EXERCISE
Go through the data below and return each line where the string "requires" occurs.

[Opening DATA TO USE section]

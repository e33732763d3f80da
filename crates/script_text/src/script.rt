ghost use Rattle.std.specs.Prelude.{◌≡◌, ◌≢◌, ◌+◌, ◌<◌, ◌≤◌, ◌++◌, List, Ok, Err, length, OnOk, IfOk, IfErr};
ghost use Rattle.net_link.specs.Causes.{HasCause};
ghost use Rattle.script_text.specs.Bounds.{IsBounded};
ghost use Rattle.script_text.specs.Lines.{lines_of};
ghost use Rattle.script_text.specs.Scripts.{Reading, AddsLine, StopsAt, most_bytes, read_line, readings, faults_of, lines_reading};
ghost use Rattle.script_text.specs.Taken.{Answers, Reads};

use crate::line::{command_in_line, has_only_spaces};
use crate::lines::{first_line, line_of_end};
use crate::stop::LineStop;
use crate::taking::{MOST_BYTES, take_text};
use crate::{ScriptFault, ScriptKind, ScriptRead};
use bson_doc::Rows;
use cmd_build::Command;
use net_link::Source;
use std::alloc::Global;

/// The most commands of a script.
const MOST_COMMANDS: usize = 100_000;

/// Reads a script, at most 16,777,217 bytes of its source, and answers its commands in order, or its first fault.
///
/// `ReadFault` comes only where the source's count of faults rose in this call, or stands at its end. After a fault of the
/// script the source is read to its end, unless the script has too many bytes; after `ReadFault` and `Memory` what was
/// taken is lost.
pub fn read_script<S: Source>(alloc: Global, source: &mut S) -> Result<Rows<Command>, ScriptRead>
    ensures reads { Reads S.tells (S.left source.old) (S.left source.new) result }
    ensures cause { HasCause (S.faults source.old) (S.faults source.new) (result ≡ Err ScriptRead.ReadFault) }
    ensures bounded { IfOk result IsBounded }
{
    match take_text(alloc, source) {
        Ok(text) => read_text(alloc, text.as_slice()),
        Err(stop) => Err(stop),
    }
}

/// The commands of a text, or its first fault. A text that is too long is so before any line is read.
#[tactic(auto, unfolding(crate::specs::Scripts::script_reading))]
fn read_text(alloc: Global, text: &[u8]) -> Result<Rows<Command>, ScriptRead>
    requires { length text.now ≤ most_bytes + 1 }
    ensures answers { Answers result text.now }
    ensures no_read { result ≢ Err ScriptRead.ReadFault }
{
    if text.len() > MOST_BYTES {
        let line = line_of_end(&text[..MOST_BYTES]);
        return Err(ScriptRead::Fault(ScriptFault {
            line,
            kind: ScriptKind::Long,
        }));
    }
    read_lines(alloc, text)
}

/// The commands of a text's lines, or the first fault.
fn read_lines(alloc: Global, text: &[u8]) -> Result<Rows<Command>, ScriptRead>
    requires { length text.now ≤ most_bytes }
    ensures ok { IfOk result (λ c. lines_reading (lines_of text.now) ≡ Ok c) }
    ensures stop { IfErr result (λ s. StopsAt s (faults_of 0 (readings 1 (lines_of text.now)))) }
{
    let mut commands = Rows::new(alloc);
    let mut rest = text;
    let mut number: u32 = 1;
    'lines: loop {
        let (line, behind) = first_line(rest);
        match add_line(alloc, &mut commands, number, line) {
            Ok(()) => {}
            Err(stop) => return Err(stop),
        }
        let Some(next) = behind else {
            return Ok(commands);
        };
        rest = next;
        number += 1;
    }
}

/// Adds the command of a line that is not blank, unless the line is at fault.
fn add_line(
    alloc: Global,
    commands: &mut Rows<Command>,
    number: u32,
    line: &[u8],
) -> Result<(), ScriptRead>
    ensures ok { OnOk result (AddsLine number line.now commands.old commands.new) }
    ensures stop { IfErr result (λ s. (rs : List Reading) → StopsAt s (faults_of (length commands.old) (read_line number line.now ++ rs))) }
{
    if has_only_spaces(line) {
        return Ok(());
    }
    let command = match command_in_line(alloc, line) {
        Ok(command) => command,
        Err(LineStop::Fault(kind)) => return Err(ScriptRead::Fault(ScriptFault {
            line: number,
            kind,
        })),
        Err(LineStop::Memory) => return Err(ScriptRead::Memory),
    };
    if commands.len() >= MOST_COMMANDS {
        return Err(ScriptRead::Fault(ScriptFault {
            line: number,
            kind: ScriptKind::Long,
        }));
    }
    match commands.push(command) {
        Ok(()) => Ok(()),
        Err(_) => Err(ScriptRead::Memory),
    }
}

[Closing DATA TO USE section]

ANSWER TO THE EXERCISE
    requires { length text.now ≤ most_bytes + 1 }
    requires { length text.now ≤ most_bytes }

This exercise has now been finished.